— INSTRUCTIONS TO FOLLOW —
Output range, inclusive: from the line containing "(ReportsMismatch Encoding.Utf8 input.now" to the line containing "is ill-formed UTF-16". Restate those lines from the data below word for word and only those.

— RECORDS SHOWN —
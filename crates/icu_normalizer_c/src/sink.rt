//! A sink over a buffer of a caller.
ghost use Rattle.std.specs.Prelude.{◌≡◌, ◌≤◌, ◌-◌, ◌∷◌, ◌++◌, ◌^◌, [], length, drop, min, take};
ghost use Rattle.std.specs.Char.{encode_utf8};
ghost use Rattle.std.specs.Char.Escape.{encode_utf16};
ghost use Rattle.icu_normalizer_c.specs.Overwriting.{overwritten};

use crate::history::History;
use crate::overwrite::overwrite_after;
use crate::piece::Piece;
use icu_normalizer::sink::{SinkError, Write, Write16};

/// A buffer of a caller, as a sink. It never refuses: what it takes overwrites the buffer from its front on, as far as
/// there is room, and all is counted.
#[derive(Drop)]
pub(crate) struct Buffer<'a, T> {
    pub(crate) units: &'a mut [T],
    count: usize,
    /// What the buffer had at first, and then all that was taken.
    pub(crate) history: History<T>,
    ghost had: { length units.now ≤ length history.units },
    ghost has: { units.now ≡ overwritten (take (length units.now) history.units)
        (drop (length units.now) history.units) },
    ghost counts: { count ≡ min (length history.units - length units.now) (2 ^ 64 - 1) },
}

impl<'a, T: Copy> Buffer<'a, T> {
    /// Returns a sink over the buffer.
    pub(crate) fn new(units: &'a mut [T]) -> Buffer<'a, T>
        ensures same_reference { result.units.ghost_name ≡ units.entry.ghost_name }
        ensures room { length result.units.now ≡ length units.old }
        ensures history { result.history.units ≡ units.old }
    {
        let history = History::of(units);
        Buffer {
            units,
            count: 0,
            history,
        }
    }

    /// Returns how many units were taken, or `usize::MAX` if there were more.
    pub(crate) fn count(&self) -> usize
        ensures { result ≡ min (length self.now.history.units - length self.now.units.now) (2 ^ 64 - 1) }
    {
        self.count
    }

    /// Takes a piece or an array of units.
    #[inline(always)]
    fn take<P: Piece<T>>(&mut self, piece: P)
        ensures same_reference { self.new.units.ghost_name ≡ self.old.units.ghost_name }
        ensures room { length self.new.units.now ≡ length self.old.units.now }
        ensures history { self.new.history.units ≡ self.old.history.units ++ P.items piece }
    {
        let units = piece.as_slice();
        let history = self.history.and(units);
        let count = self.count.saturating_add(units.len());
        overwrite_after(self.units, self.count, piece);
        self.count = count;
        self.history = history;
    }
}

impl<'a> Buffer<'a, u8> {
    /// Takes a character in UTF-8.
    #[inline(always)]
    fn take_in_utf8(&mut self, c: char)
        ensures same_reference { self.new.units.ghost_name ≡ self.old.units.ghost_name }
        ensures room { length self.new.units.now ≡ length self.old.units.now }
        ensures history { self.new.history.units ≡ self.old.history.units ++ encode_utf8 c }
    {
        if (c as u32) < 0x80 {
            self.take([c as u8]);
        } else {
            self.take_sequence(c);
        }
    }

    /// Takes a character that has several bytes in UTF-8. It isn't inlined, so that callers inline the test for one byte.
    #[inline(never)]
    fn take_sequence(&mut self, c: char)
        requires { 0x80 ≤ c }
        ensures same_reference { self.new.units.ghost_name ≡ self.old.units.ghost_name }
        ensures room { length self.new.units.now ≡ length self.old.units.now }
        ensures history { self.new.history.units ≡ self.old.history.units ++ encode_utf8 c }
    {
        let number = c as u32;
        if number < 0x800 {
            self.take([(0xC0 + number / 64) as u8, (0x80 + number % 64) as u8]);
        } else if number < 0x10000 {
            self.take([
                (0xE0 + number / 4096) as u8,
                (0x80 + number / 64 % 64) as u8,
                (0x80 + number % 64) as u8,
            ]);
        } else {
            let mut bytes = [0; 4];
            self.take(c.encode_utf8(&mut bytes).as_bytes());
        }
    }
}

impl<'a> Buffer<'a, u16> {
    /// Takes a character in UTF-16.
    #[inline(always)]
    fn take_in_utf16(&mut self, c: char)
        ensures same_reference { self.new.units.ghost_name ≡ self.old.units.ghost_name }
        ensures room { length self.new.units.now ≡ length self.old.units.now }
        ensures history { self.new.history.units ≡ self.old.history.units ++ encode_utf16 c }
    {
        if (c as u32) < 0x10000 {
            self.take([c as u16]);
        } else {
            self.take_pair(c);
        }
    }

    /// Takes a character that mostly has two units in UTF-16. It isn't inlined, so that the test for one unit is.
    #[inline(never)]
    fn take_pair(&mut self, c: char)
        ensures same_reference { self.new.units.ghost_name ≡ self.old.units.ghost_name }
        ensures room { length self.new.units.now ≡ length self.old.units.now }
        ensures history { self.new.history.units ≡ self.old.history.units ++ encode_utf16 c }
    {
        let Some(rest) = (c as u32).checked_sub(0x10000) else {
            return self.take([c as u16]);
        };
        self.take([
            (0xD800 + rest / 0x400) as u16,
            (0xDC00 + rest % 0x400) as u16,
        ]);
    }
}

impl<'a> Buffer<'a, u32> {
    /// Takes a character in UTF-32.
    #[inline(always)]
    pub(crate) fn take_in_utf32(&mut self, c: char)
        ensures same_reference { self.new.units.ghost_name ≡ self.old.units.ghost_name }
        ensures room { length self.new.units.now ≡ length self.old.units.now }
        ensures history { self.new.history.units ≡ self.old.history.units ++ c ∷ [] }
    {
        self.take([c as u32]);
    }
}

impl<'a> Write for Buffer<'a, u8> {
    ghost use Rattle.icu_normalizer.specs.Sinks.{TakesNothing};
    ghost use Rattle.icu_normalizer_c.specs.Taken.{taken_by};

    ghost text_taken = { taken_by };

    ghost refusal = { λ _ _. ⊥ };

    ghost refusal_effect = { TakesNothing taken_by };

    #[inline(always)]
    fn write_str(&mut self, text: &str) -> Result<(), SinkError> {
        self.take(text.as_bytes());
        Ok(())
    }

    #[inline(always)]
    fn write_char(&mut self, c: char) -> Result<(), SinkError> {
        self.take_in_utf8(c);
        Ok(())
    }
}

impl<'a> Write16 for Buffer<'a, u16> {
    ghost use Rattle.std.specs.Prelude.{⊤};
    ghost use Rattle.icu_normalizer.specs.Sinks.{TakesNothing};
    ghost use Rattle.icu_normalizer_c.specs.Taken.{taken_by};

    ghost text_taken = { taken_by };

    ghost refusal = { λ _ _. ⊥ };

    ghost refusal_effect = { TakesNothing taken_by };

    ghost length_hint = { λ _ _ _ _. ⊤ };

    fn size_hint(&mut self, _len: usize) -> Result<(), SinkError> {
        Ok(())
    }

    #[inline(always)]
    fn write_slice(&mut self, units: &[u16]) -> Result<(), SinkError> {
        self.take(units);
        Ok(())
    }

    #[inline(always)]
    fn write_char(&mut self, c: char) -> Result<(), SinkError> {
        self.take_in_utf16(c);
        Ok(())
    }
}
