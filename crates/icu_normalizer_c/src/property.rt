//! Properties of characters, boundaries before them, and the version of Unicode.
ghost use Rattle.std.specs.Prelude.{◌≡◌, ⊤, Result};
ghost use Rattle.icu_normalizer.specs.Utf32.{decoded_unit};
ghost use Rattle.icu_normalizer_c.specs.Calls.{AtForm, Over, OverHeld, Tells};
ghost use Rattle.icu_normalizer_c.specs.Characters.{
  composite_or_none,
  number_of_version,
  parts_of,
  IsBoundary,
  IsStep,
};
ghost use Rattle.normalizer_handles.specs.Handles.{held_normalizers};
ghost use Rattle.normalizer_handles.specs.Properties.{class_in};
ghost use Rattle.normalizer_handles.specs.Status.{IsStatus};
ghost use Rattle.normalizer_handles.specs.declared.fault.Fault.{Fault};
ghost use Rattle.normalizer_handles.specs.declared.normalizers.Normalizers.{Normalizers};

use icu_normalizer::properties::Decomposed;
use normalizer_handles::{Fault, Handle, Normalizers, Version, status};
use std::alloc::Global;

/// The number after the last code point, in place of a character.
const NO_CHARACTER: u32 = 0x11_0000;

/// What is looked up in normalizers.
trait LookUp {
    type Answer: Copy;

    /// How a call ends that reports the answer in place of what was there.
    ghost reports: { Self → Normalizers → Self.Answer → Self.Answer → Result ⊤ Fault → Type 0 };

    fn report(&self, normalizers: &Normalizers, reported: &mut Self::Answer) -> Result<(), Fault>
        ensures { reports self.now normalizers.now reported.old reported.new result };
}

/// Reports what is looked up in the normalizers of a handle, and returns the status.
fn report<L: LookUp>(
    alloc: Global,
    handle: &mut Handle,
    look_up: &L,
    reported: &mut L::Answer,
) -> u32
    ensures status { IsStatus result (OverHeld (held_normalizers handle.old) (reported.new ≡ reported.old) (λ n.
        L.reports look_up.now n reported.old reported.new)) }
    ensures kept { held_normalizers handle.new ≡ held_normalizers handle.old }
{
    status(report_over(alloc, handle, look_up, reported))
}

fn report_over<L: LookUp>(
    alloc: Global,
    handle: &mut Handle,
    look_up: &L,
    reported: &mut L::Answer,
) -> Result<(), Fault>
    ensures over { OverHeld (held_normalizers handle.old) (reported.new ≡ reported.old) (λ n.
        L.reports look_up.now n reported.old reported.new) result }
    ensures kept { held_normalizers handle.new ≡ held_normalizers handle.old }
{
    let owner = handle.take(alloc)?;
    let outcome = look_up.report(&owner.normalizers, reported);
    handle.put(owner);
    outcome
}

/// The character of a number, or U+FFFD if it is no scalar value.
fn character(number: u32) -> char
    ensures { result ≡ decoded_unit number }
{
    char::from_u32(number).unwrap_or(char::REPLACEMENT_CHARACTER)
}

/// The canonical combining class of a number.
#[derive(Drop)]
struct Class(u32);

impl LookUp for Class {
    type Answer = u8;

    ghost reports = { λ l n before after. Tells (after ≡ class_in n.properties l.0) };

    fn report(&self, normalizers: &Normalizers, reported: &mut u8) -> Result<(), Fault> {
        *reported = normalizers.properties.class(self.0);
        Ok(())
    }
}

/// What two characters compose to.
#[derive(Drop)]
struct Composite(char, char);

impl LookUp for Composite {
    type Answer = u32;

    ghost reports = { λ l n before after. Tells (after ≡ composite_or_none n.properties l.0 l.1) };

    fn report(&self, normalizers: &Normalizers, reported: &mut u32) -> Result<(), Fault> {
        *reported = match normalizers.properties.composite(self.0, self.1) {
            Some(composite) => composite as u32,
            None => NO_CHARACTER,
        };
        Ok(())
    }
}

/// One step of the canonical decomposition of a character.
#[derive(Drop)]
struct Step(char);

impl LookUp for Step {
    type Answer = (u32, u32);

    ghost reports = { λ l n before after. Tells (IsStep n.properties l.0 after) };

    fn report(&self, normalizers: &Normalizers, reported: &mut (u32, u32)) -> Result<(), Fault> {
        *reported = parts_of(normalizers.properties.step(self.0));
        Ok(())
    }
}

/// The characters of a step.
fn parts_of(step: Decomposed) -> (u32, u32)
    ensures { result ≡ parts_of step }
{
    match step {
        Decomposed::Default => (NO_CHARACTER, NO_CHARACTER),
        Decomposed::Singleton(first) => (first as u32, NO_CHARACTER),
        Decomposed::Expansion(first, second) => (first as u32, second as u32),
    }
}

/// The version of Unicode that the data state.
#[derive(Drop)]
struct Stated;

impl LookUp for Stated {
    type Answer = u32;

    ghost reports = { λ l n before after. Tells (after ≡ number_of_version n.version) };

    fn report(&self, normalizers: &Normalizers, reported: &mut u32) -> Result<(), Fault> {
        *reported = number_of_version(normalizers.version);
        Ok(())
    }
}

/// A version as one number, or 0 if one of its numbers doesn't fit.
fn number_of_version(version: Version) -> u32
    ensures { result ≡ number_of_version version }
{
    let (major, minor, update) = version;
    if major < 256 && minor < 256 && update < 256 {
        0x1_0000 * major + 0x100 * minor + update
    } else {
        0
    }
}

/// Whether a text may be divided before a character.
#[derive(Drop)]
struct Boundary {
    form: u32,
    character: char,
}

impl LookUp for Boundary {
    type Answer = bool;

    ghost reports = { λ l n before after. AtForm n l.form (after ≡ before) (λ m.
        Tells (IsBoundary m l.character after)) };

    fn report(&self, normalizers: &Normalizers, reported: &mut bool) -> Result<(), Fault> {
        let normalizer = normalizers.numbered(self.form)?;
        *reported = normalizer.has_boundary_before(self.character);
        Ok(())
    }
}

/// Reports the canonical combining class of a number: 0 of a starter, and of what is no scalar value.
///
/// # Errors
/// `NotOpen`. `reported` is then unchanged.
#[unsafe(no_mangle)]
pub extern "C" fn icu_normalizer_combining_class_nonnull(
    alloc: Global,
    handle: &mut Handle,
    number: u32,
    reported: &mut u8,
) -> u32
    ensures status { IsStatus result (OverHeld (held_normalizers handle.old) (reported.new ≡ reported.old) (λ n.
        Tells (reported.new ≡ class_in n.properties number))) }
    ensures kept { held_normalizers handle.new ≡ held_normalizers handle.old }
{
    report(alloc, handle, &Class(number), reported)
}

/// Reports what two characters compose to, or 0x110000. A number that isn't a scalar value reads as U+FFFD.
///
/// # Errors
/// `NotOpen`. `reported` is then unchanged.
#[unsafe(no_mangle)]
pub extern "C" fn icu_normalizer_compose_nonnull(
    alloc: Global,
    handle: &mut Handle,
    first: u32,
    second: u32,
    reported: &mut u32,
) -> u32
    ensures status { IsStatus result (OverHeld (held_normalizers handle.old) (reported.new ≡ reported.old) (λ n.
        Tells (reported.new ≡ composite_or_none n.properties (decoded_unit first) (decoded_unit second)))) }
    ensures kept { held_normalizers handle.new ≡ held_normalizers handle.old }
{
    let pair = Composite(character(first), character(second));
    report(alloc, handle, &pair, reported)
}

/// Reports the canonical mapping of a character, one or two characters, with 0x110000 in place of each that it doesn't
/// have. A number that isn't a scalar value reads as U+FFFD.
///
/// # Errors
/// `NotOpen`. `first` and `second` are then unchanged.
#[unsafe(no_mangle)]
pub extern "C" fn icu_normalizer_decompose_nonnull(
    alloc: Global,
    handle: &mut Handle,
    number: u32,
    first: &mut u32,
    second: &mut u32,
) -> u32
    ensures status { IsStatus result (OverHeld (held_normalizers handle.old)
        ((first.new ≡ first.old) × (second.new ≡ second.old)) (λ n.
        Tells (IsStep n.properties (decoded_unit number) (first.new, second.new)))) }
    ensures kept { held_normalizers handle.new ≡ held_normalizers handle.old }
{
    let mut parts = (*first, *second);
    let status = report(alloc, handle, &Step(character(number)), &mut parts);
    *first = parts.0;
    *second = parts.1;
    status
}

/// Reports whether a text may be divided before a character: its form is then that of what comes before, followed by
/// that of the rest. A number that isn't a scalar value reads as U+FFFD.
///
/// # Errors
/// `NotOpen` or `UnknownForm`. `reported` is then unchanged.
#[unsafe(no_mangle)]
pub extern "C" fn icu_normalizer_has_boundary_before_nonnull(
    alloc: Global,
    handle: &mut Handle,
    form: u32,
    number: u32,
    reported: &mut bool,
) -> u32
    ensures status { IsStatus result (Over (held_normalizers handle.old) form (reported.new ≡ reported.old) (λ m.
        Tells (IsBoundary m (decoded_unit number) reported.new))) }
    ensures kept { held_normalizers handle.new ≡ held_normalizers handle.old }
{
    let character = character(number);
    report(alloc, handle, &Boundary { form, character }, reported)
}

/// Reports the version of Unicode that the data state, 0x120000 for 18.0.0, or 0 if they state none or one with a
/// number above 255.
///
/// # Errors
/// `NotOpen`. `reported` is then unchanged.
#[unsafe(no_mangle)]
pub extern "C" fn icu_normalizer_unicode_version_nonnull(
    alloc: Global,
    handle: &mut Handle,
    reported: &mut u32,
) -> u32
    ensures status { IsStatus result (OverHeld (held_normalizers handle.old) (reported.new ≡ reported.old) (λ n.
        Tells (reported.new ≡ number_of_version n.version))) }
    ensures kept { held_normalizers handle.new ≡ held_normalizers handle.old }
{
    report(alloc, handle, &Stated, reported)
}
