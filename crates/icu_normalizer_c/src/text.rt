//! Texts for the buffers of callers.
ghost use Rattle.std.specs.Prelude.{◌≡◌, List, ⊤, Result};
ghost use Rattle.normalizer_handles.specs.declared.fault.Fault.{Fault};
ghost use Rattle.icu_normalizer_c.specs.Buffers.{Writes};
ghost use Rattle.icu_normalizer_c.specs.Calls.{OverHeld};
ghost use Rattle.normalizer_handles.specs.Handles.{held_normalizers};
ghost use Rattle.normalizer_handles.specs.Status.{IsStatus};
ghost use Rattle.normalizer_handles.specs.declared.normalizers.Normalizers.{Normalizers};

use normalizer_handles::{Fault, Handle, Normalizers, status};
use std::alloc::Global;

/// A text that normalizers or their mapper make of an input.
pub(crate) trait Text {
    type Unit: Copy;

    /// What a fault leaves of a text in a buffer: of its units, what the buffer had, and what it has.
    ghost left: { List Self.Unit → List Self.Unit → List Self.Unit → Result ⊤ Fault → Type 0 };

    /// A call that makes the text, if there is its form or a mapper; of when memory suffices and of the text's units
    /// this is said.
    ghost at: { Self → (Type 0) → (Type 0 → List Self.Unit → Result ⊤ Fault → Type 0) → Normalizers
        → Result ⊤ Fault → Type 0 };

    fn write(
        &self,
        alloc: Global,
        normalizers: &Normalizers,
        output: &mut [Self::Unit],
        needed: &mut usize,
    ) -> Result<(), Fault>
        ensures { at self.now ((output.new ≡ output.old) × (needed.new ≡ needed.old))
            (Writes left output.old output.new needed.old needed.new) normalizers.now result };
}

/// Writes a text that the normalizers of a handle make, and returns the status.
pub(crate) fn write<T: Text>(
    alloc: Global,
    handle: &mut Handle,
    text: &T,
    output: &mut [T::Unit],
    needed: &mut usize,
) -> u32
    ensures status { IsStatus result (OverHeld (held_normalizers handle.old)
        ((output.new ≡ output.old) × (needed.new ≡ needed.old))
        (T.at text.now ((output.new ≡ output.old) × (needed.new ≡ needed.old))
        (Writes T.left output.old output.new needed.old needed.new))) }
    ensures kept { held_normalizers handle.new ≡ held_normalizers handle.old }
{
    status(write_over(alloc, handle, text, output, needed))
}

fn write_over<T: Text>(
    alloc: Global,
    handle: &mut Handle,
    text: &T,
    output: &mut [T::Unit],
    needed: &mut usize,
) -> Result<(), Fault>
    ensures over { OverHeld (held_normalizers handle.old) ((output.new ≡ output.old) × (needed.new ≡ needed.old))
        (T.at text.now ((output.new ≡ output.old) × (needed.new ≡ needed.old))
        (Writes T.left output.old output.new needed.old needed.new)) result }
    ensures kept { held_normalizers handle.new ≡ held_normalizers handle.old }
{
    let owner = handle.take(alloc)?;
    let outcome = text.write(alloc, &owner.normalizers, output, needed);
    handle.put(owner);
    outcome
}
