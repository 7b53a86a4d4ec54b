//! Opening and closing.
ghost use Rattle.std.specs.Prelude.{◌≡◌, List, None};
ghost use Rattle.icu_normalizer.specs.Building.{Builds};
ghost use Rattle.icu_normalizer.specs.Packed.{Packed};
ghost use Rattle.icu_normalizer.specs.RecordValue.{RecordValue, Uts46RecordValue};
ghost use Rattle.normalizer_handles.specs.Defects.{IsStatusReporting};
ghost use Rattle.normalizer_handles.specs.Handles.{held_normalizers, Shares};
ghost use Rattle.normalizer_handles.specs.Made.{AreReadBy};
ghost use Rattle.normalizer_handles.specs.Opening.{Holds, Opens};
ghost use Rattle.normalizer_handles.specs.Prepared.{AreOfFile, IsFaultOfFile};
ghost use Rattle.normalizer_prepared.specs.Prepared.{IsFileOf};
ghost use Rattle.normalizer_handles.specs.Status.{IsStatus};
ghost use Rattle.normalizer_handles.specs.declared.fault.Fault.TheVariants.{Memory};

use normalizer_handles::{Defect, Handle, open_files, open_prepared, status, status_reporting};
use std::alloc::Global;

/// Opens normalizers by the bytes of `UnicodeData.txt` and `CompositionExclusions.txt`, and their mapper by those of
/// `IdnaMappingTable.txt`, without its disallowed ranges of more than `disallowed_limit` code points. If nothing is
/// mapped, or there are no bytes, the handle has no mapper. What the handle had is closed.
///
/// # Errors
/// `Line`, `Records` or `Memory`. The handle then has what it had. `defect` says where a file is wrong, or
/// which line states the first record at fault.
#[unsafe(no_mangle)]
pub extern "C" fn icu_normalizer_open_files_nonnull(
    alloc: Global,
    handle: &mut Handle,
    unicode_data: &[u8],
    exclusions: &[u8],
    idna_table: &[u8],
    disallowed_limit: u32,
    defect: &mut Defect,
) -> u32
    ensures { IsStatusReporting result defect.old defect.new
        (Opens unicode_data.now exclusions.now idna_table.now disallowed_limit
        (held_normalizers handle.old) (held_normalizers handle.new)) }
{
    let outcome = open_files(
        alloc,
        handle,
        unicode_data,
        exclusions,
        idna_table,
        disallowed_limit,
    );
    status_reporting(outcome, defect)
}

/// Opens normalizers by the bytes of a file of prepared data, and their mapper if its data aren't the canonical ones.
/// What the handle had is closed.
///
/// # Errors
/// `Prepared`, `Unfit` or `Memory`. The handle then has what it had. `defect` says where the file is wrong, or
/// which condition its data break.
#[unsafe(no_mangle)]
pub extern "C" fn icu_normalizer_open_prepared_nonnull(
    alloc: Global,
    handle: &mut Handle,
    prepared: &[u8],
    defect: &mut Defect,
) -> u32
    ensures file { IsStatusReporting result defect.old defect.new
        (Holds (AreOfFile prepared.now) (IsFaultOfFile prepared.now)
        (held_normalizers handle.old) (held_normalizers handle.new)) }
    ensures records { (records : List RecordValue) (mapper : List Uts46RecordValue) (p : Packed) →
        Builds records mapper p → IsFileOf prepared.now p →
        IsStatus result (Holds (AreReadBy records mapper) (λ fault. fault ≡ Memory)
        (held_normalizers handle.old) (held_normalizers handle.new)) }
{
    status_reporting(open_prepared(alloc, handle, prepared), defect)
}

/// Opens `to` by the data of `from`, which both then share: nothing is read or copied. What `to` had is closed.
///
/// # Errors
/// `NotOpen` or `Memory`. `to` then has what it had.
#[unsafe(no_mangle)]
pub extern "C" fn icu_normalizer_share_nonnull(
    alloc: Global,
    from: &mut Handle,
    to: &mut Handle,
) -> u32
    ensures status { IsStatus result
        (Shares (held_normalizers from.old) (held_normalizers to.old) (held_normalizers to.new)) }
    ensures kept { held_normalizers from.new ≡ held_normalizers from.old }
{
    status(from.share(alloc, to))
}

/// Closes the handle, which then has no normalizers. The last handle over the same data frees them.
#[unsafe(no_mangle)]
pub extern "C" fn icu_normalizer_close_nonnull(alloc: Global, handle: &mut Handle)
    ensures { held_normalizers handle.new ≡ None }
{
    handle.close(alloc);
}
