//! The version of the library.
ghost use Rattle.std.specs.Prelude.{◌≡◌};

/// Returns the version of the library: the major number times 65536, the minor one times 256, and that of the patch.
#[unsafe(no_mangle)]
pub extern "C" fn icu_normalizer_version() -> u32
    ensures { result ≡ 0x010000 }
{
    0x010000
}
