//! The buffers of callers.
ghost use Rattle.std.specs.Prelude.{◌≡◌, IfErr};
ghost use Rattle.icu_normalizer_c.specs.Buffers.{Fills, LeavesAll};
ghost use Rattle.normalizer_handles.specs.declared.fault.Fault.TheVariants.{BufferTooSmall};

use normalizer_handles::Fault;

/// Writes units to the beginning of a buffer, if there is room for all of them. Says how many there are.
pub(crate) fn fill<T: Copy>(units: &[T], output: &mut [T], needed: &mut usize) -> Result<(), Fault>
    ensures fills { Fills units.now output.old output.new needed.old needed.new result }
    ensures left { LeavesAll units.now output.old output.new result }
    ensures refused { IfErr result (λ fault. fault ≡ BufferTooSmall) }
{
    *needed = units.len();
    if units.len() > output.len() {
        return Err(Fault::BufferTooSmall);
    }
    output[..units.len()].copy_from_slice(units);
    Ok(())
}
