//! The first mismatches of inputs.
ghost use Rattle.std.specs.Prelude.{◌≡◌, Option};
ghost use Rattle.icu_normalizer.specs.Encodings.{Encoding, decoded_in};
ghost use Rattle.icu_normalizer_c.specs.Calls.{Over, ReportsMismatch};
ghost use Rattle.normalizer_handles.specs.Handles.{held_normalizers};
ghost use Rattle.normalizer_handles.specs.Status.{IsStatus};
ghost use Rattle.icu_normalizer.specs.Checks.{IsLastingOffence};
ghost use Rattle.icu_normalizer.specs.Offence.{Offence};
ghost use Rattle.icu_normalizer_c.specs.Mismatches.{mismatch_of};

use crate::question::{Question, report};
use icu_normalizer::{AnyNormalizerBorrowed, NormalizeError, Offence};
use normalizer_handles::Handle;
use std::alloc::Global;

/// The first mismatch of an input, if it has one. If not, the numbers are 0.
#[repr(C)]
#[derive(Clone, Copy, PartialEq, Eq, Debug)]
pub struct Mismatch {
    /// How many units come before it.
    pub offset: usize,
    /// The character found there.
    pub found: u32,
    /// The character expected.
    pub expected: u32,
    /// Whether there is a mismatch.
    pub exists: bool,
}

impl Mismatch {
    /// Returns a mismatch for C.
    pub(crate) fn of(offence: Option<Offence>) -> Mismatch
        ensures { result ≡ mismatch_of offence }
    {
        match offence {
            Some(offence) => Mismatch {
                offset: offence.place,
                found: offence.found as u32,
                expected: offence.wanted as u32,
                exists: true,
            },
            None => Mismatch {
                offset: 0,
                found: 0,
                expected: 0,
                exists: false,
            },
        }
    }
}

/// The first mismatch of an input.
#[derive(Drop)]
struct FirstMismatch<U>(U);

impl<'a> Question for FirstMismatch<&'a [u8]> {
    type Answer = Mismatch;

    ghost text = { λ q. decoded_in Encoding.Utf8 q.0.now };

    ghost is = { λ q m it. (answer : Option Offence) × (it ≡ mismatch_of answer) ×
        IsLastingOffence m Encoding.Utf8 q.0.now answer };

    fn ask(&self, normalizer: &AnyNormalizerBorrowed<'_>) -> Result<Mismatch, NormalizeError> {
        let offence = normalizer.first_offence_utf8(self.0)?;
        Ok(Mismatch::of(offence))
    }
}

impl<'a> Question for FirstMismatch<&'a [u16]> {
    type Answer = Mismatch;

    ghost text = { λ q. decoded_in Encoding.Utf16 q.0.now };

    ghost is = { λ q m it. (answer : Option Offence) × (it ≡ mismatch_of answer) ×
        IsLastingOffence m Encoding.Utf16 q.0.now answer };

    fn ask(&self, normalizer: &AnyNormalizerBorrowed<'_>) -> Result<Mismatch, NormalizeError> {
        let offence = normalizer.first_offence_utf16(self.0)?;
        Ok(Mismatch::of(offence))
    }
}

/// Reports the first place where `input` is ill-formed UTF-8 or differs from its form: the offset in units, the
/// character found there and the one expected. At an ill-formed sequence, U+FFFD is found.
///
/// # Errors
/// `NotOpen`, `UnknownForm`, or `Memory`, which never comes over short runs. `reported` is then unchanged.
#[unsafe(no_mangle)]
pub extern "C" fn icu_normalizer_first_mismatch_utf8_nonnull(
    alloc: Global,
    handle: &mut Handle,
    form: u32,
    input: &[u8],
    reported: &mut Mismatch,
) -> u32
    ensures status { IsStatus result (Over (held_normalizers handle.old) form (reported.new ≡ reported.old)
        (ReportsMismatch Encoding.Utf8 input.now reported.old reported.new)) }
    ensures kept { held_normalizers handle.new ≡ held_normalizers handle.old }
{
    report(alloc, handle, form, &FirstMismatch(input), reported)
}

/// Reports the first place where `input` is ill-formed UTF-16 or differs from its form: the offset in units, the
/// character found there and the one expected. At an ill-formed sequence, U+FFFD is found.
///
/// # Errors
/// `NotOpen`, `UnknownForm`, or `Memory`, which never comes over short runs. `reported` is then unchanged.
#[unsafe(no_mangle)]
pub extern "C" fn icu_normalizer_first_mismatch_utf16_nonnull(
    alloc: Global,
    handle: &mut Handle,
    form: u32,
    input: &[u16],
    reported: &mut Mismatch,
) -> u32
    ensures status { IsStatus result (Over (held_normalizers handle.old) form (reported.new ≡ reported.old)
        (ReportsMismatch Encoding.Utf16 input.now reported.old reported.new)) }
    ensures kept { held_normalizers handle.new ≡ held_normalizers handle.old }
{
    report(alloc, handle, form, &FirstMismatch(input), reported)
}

— ANSWER TO THIS TASK —
        (ReportsMismatch Encoding.Utf8 input.now reported.old reported.new)) }
    ensures kept { held_normalizers handle.new ≡ held_normalizers handle.old }
{
    report(alloc, handle, form, &FirstMismatch(input), reported)
}

/// Reports the first place where `input` is ill-formed UTF-16 or differs from its form: the offset in units, the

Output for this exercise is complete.